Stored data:
▼

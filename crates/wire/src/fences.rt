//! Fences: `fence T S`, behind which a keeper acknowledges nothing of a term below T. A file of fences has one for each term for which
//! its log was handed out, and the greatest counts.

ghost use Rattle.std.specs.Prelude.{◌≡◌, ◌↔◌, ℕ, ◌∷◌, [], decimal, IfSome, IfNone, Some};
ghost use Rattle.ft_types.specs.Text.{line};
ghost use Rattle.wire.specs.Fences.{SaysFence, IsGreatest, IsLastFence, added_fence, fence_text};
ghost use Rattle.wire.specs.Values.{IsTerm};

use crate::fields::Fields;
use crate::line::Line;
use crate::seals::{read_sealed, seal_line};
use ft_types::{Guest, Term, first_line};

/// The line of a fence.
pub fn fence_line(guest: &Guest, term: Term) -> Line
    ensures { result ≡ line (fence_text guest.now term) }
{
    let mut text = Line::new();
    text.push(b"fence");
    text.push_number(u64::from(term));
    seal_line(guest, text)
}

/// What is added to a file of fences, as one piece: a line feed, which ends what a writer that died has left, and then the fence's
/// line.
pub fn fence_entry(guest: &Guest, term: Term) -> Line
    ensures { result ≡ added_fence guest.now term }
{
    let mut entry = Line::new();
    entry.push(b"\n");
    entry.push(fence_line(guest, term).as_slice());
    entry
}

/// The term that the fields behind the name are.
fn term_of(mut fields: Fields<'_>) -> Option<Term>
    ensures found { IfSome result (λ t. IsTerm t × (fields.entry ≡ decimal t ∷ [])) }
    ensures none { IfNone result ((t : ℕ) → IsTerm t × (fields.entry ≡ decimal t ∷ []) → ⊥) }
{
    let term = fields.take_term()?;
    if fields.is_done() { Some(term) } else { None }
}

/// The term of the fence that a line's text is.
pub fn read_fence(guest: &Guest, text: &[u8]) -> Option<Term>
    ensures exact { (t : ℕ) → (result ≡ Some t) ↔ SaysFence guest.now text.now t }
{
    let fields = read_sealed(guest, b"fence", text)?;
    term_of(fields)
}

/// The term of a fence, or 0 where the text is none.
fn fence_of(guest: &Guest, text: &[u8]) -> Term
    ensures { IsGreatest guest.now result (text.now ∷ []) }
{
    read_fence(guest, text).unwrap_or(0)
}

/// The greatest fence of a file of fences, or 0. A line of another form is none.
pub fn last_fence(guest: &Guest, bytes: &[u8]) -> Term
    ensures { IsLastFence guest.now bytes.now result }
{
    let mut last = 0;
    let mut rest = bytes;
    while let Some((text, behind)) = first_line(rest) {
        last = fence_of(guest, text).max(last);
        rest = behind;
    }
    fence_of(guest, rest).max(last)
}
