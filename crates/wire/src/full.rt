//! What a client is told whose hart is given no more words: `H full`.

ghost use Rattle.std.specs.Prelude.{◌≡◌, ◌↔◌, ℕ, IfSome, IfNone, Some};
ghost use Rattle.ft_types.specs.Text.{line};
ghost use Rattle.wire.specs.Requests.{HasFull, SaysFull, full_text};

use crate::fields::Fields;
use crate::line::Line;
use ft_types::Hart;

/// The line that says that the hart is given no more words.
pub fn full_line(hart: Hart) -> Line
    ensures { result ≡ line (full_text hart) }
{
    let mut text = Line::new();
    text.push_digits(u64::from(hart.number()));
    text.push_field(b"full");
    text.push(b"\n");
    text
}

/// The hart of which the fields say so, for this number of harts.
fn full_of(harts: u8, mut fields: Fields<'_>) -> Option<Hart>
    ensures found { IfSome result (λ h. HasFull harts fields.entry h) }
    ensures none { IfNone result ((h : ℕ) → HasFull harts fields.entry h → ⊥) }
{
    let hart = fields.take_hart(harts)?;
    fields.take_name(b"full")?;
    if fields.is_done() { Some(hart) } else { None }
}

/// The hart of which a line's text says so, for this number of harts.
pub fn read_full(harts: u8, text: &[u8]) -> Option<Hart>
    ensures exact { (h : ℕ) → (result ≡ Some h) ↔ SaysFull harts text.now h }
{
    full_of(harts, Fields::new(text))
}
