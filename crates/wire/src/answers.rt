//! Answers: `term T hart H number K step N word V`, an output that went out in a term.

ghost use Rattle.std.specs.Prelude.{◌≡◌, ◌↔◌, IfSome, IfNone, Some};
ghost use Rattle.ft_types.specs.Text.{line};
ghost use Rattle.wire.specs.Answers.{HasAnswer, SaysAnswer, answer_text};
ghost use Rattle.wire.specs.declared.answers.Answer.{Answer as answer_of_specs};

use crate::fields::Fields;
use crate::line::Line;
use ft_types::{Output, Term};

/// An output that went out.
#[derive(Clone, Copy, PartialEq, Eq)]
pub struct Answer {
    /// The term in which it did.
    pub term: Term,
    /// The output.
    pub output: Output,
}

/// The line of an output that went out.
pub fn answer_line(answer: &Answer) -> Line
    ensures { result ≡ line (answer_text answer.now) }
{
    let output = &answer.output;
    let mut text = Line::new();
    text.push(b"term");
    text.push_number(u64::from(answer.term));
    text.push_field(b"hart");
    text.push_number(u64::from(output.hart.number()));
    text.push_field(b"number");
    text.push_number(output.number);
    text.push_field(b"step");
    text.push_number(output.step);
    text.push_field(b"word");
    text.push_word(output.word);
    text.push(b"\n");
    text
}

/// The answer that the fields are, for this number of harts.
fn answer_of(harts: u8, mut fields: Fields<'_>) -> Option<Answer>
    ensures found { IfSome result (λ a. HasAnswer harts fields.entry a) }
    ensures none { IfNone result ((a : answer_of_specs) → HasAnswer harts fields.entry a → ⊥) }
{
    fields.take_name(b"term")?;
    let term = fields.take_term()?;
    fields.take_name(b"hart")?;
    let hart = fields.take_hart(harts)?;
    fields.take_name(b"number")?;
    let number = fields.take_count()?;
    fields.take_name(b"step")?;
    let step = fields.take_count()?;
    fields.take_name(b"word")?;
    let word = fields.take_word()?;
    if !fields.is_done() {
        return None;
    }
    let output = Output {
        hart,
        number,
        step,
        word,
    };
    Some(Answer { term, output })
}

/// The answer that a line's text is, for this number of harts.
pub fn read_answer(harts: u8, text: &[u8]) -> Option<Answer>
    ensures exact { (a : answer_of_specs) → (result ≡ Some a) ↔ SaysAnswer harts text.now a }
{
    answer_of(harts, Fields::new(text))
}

▲

*Problem*. Without altering a single word, set down all the entries again.

*Response box*.
filename crates/wire/src/fences.rt
//! Fences: `fence T S`, behind which a keeper acknowledges nothing of a term below T. A file of fences has one for each term for which
//! its log was handed out, and the greatest counts.

ghost use Rattle.std.specs.Prelude.{◌≡◌, ◌↔◌, ℕ, ◌∷◌, [], decimal, IfSome, IfNone, Some};
ghost use Rattle.ft_types.specs.Text.{line};
ghost use Rattle.wire.specs.Fences.{SaysFence, IsGreatest, IsLastFence, added_fence, fence_text};
ghost use Rattle.wire.specs.Values.{IsTerm};

use crate::fields::Fields;
use crate::line::Line;
use crate::seals::{read_sealed, seal_line};
use ft_types::{Guest, Term, first_line};

/// The line of a fence.
pub fn fence_line(guest: &Guest, term: Term) -> Line
    ensures { result ≡ line (fence_text guest.now term) }
{
    let mut text = Line::new();
    text.push(b"fence");
    text.push_number(u64::from(term));
    seal_line(guest, text)
}

/// What is added to a file of fences, as one piece: a line feed, which ends what a writer that died has left, and then the fence's
/// line.
pub fn fence_entry(guest: &Guest, term: Term) -> Line
    ensures { result ≡ added_fence guest.now term }
{
    let mut entry = Line::new();
    entry.push(b"\n");
    entry.push(fence_line(guest, term).as_slice());
    entry
}

/// The term that the fields behind the name are.
fn term_of(mut fields: Fields<'_>) -> Option<Term>
    ensures found { IfSome result (λ t. IsTerm t × (fields.entry ≡ decimal t ∷ [])) }
    ensures none { IfNone result ((t : ℕ) → IsTerm t × (fields.entry ≡ decimal t ∷ []) → ⊥) }
{
    let term = fields.take_term()?;
    if fields.is_done() { Some(term) } else { None }
}

/// The term of the fence that a line's text is.
pub fn read_fence(guest: &Guest, text: &[u8]) -> Option<Term>
    ensures exact { (t : ℕ) → (result ≡ Some t) ↔ SaysFence guest.now text.now t }
{
    let fields = read_sealed(guest, b"fence", text)?;
    term_of(fields)
}

/// The term of a fence, or 0 where the text is none.
fn fence_of(guest: &Guest, text: &[u8]) -> Term
    ensures { IsGreatest guest.now result (text.now ∷ []) }
{
    read_fence(guest, text).unwrap_or(0)
}

/// The greatest fence of a file of fences, or 0. A line of another form is none.
pub fn last_fence(guest: &Guest, bytes: &[u8]) -> Term
    ensures { IsLastFence guest.now bytes.now result }
{
    let mut last = 0;
    let mut rest = bytes;
    while let Some((text, behind)) = first_line(rest) {
        last = fence_of(guest, text).max(last);
        rest = behind;
    }
    fence_of(guest, rest).max(last)
}
filename crates/wire/src/full.rt
//! What a client is told whose hart is given no more words: `H full`.

ghost use Rattle.std.specs.Prelude.{◌≡◌, ◌↔◌, ℕ, IfSome, IfNone, Some};
ghost use Rattle.ft_types.specs.Text.{line};
ghost use Rattle.wire.specs.Requests.{HasFull, SaysFull, full_text};

use crate::fields::Fields;
use crate::line::Line;
use ft_types::Hart;

/// The line that says that the hart is given no more words.
pub fn full_line(hart: Hart) -> Line
    ensures { result ≡ line (full_text hart) }
{
    let mut text = Line::new();
    text.push_digits(u64::from(hart.number()));
    text.push_field(b"full");
    text.push(b"\n");
    text
}

/// The hart of which the fields say so, for this number of harts.
fn full_of(harts: u8, mut fields: Fields<'_>) -> Option<Hart>
    ensures found { IfSome result (λ h. HasFull harts fields.entry h) }
    ensures none { IfNone result ((h : ℕ) → HasFull harts fields.entry h → ⊥) }
{
    let hart = fields.take_hart(harts)?;
    fields.take_name(b"full")?;
    if fields.is_done() { Some(hart) } else { None }
}

/// The hart of which a line's text says so, for this number of harts.
pub fn read_full(harts: u8, text: &[u8]) -> Option<Hart>
    ensures exact { (h : ℕ) → (result ≡ Some h) ↔ SaysFull harts text.now h }
{
    full_of(harts, Fields::new(text))
}
filename crates/wire/src/answers.rt
//! Answers: `term T hart H number K step N word V`, an output that went out in a term.

ghost use Rattle.std.specs.Prelude.{◌≡◌, ◌↔◌, IfSome, IfNone, Some};
ghost use Rattle.ft_types.specs.Text.{line};
ghost use Rattle.wire.specs.Answers.{HasAnswer, SaysAnswer, answer_text};
ghost use Rattle.wire.specs.declared.answers.Answer.{Answer as answer_of_specs};

use crate::fields::Fields;
use crate::line::Line;
use ft_types::{Output, Term};

/// An output that went out.
#[derive(Clone, Copy, PartialEq, Eq)]
pub struct Answer {
    /// The term in which it did.
    pub term: Term,
    /// The output.
    pub output: Output,
}

/// The line of an output that went out.
pub fn answer_line(answer: &Answer) -> Line
    ensures { result ≡ line (answer_text answer.now) }
{
    let output = &answer.output;
    let mut text = Line::new();
    text.push(b"term");
    text.push_number(u64::from(answer.term));
    text.push_field(b"hart");
    text.push_number(u64::from(output.hart.number()));
    text.push_field(b"number");
    text.push_number(output.number);
    text.push_field(b"step");
    text.push_number(output.step);
    text.push_field(b"word");
    text.push_word(output.word);
    text.push(b"\n");
    text
}

/// The answer that the fields are, for this number of harts.
fn answer_of(harts: u8, mut fields: Fields<'_>) -> Option<Answer>
    ensures found { IfSome result (λ a. HasAnswer harts fields.entry a) }
    ensures none { IfNone result ((a : answer_of_specs) → HasAnswer harts fields.entry a → ⊥) }
{
    fields.take_name(b"term")?;
    let term = fields.take_term()?;
    fields.take_name(b"hart")?;
    let hart = fields.take_hart(harts)?;
    fields.take_name(b"number")?;
    let number = fields.take_count()?;
    fields.take_name(b"step")?;
    let step = fields.take_count()?;
    fields.take_name(b"word")?;
    let word = fields.take_word()?;
    if !fields.is_done() {
        return None;
    }
    let output = Output {
        hart,
        number,
        step,
        word,
    };
    Some(Answer { term, output })
}

/// The answer that a line's text is, for this number of harts.
pub fn read_answer(harts: u8, text: &[u8]) -> Option<Answer>
    ensures exact { (a : answer_of_specs) → (result ≡ Some a) ↔ SaysAnswer harts text.now a }
{
    answer_of(harts, Fields::new(text))
}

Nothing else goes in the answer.